Playgrounds shouldn’t be built on GRASS??? That is what the article quotes a “safety commission” as concluding!

AMEN, sistah!!

Lenore ends with this:

This is pretty much  our view of everything where kids are concerned now. No route to school is safe enough. No bus stop is safe enough. No toy or bottle or crib is safe enough. And no playground is safe enough, even if the kid is there with mom, dad and the National Guard. And they brought along a big swatch of shag carpeting to play on. “Microsize risks” look giant to us because we are shrunken with fear. Until we see them for what they are, we will fear  everything:  trees, air, grass and dirt. Not to mention swings.

I think the reason my daughter’s list of playground rules bugs me so much is that I work very hard to control my helicoptering, over-protective tendencies. Last weekend, I was very proud to be the only parent sitting on a playground bench, rather than shadowing my child as he/she climbed, slid and jumped off swings.

(What is with the “No jumping off swings” anyway? How can you swing and not jump off? It’s like telling a former teen of the 80s not to rollerskate to I Love Rock & Roll.)

I guess I should be grateful they apparently will be using the playground.

Last year, every time I drove by the school during recess, the kids were milling around on the asphalt parking lot. (No, running, chasing or roughhousing, per the rules, of course.)

“Don’t you ever play on the playground?” I asked Tootie.

“No,” she said.

“Why not?” I pressed.

“I don’t know. We just don’t.”

At the next parent-teacher conference, I asked her teacher about it. Mrs. H., whom we loved, explained that if there weren’t enough parent volunteers at lunch and recess, the kids couldn’t use the playground. I could tell from her tone and expression that she thought the children needed to be on the playground, rather than congregating on blacktop.
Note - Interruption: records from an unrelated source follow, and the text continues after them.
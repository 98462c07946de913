ghost use Rattle.std.specs.Prelude.{◌≡◌};
ghost use Rattle.certificate_file.specs.Section.{section_number, all_sections, section_after, listed, few};

use reading::Numbered;

/// Where the next line stands.
#[derive(Clone, Copy, Debug)]
pub(crate) enum Section {
    /// The line `pdn certificate 1`.
    Head,
    /// The line of a node.
    Row,
    /// The line `end`.
    Close,
    /// An empty line behind it.
    Ended,
}

impl Numbered for Section {
    ghost number = { section_number };

    ghost all = { all_sections };

    fn number(self) -> usize {
        self as usize
    }

    ghost listed = { listed };

    ghost few = { few };
}

/// The section after so many lines, where there are so many nodes.
pub(crate) fn section_after(nodes: usize, lines: usize) -> Section
    ensures { result ≡ section_after nodes lines }
{
    if lines == 0 {
        Section::Head
    } else if lines <= nodes {
        Section::Row
    } else if lines - 1 == nodes {
        Section::Close
    } else {
        Section::Ended
    }
}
My first reaction was: Why is the school so dependent on parent volunteers for lunch and recess duty in a day and age when so many families have two working parents?

I’m sure what all this boils down to is a fear of liability.

Clearly, schools now feel compelled to cordon off yet another fundamental part of childhood.

Makes me wonder when they’ll ban recess altogether. I mean, who knows when some willful child will decide to skip across the asphalt and skin a knee?